An Act of Love: Securing Franca Sozzani’s Legacy
The Business of Fashion Podcast
The Business of Fashion
4.5 • 813 Ratings
🗓️ 28 November 2025
⏱️ 37 minutes
🧾️ Download transcript
Summary
Francesco Carrozzini grew up inside the rarefied world of Vogue Italia — not just observing it, but living it. As the son of Franca Sozzani, the magazine’s legendary editor-in-chief, fashion wasn’t just part of his surroundings, it was a language he was exposed to everyday.
He became a photographer and filmmaker, but it was only later that he turned the camera towards the most personal and complicated subject in his life: his relationship with his mother. The documentary Franca: Chaos and Creation premiered in Venice just before her passing in 2016 following a battle with lung cancer.

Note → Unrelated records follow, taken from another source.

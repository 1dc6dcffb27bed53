ghost use Rattle.std.specs.Prelude.{◌≡◌, [], ◌∷◌, ◌++◌, Ok, Err, Some, IfOk, IfErr, OnOk, OnErr, length};
ghost use Rattle.std.specs.Str.{bytes_eq};
ghost use Rattle.indexmap.specs.IndexMap.{insert_entry};
ghost use Rattle.rb_packages.specs.Release.{put_fault, IsDraftJudged};
ghost use Rattle.rb_engine.specs.Answer.{refusal};
ghost use Rattle.rb_engine.specs.Place.{place_of as placed};
ghost use Rattle.rb_engine.specs.Source.{HasNone, Reads, payload_of};
ghost use Rattle.rb_engine.specs.declared.place.Place.{Place};
ghost use Rattle.rb_engine.specs.declared.place.PlaceFault.{PlaceFault};
ghost use Rattle.rb_engine.specs.Change.{IsFileOf};
ghost use Rattle.rb_engine.specs.ReadFaults.{IsFirstFault};

use crate::payload::{ReadFault, bundle_of, payload_bundle};
use crate::place::{Place, place_of};
use crate::request::{BundleSource, Payload, Reply};
use rb_locales::Name;
use rb_packages::{App, Draft, DraftFault};
use rb_validator::Bundle;
use std::alloc::Global;
use std::marker::Model;

/// A bundle that was read from a request's payload, and the name under which to store it.
#[derive(Drop)]
pub struct IncomingBundle {
    place: Place,
    bundle: Bundle,
}

impl Model for IncomingBundle {
    ghost use Rattle.std.specs.Prelude.{List, ℕ};
    ghost use Rattle.std.specs.Coded.{codes};
    ghost use Rattle.rb_engine.specs.declared.place.Place.{Place};

    ghost Value = { Place × List ℕ };

    ghost coded = { Prim.hlevel codes };

    ghost view = { λ b. (b.place, b.bundle) };
}

impl IncomingBundle {
    /// Reads an incoming bundle: checks its names, then parses and writes a text or accepts a file.
    /// Returns the first error: `BadApp`, `Reserved`, `BadLocale`, `BadText` or `BadFile`; or
    /// `Memory`. An error keeps nothing of the payload.
    pub fn read(
        alloc: Global,
        app: &[u8],
        locale: &[u8],
        source: BundleSource<'_>,
    ) -> Result<IncomingBundle, Reply>
        ensures read { Reads app.now locale.now (payload_of source.entry) result }
        ensures file { IfOk result (λ incoming. IsFileOf (payload_of source.entry) incoming.1) }
    {
        let place = place_of(app, locale)?;
        let bundle = bundle_of(alloc, source)?;
        Ok(IncomingBundle { place, bundle })
    }

    /// Reads an incoming bundle like `read`, and reports what is wrong with a text or a file: the
    /// first error that `compile` or `accept` finds. Invalid names are reported first.
    pub fn judge(
        alloc: Global,
        app: &[u8],
        locale: &[u8],
        source: BundleSource<'_>,
    ) -> Result<IncomingBundle, ReadFault>
        ensures read { IfOk result
            (λ incoming. Reads app.now locale.now (payload_of source.entry) (Ok incoming)) }
        ensures file { IfOk result (λ incoming. IsFileOf (payload_of source.entry) incoming.1) }
        ensures first { IfErr result (IsFirstFault (payload_of source.entry)) }
        ensures names { (e : PlaceFault) → placed app.now locale.now ≡ Err e
            → result ≡ Err (ReadFault.Refused (refusal e)) }
        ensures payload { (place : Place) → placed app.now locale.now ≡ Ok place
            → IfErr result (HasNone (payload_of source.entry)) }
    {
        let place = match place_of(app, locale) {
            Ok(place) => place,
            Err(fault) => return Err(ReadFault::Refused(Reply::from(fault))),
        };
        match bundle_of(alloc, source) {
            Ok(bundle) => Ok(IncomingBundle { place, bundle }),
            Err(fault) => Err(fault),
        }
    }

    /// Names a bundle that was accepted before.
    pub fn of(app: &App, name: &Name, bundle: Bundle) -> IncomingBundle
        ensures app { result.0.app ≡ app.now }
        ensures name { result.0.name ≡ name.now }
        ensures bundle { result.1 ≡ bundle }
    {
        let place = Place {
            app: *app,
            name: *name,
        };
        IncomingBundle { place, bundle }
    }

    /// Adds the bundle to the changes of a draft, under its locale's name.
    pub fn add_to(self, draft: &mut Draft) -> Result<(), DraftFault>
        ensures app { draft.new.app ≡ draft.old.app }
        ensures added { OnOk result
            (draft.new.edits ≡ draft.old.edits ++ (self.0.name, Some self.1) ∷ []) }
        ensures judged { IsDraftJudged (put_fault self.0.name draft.old) result }
        ensures size { OnOk result (draft.new.sizes
            ≡ insert_entry bytes_eq draft.old.sizes self.0.name (length self.1)) }
        ensures unchanged { OnErr result (draft.new ≡ draft.old) }
    {
        let (place, bundle) = self.into_parts();
        draft.put(place.name, bundle)
    }

    pub(crate) fn read_payload(
        alloc: Global,
        app: &[u8],
        locale: &[u8],
        payload: Payload,
    ) -> Result<IncomingBundle, Reply>
        ensures read { Reads app.now locale.now payload result }
    {
        let place = place_of(app, locale)?;
        let bundle = payload_bundle(alloc, payload)?;
        Ok(IncomingBundle { place, bundle })
    }

    pub fn app(&self) -> &App
        ensures { result.now ≡ self.now.0.app }
    {
        &self.place.app
    }

    pub fn len(&self) -> u64
        ensures { result ≡ length self.now.1 }
    {
        self.bundle.bytes().len() as u64
    }

    pub(crate) fn place(&self) -> &Place
        ensures { result.now ≡ self.now.0 }
    {
        &self.place
    }

    pub(crate) fn into_parts(self) -> (Place, Bundle)
        ensures { result ≡ self }
    {
        (self.place, self.bundle)
    }
}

“When I asked her to take a look at the first cut of the film, she said, ‘This is the most mediocre thing I've ever seen. Do yourself a favor and find a point of view.’ That opened my eyes on the importance of always trying to find a point of view,” Carrozzini recalls. “In a regular relationship between mother and son, that might have been excruciating. In ours, it wasn't, because we treated each other like friends.”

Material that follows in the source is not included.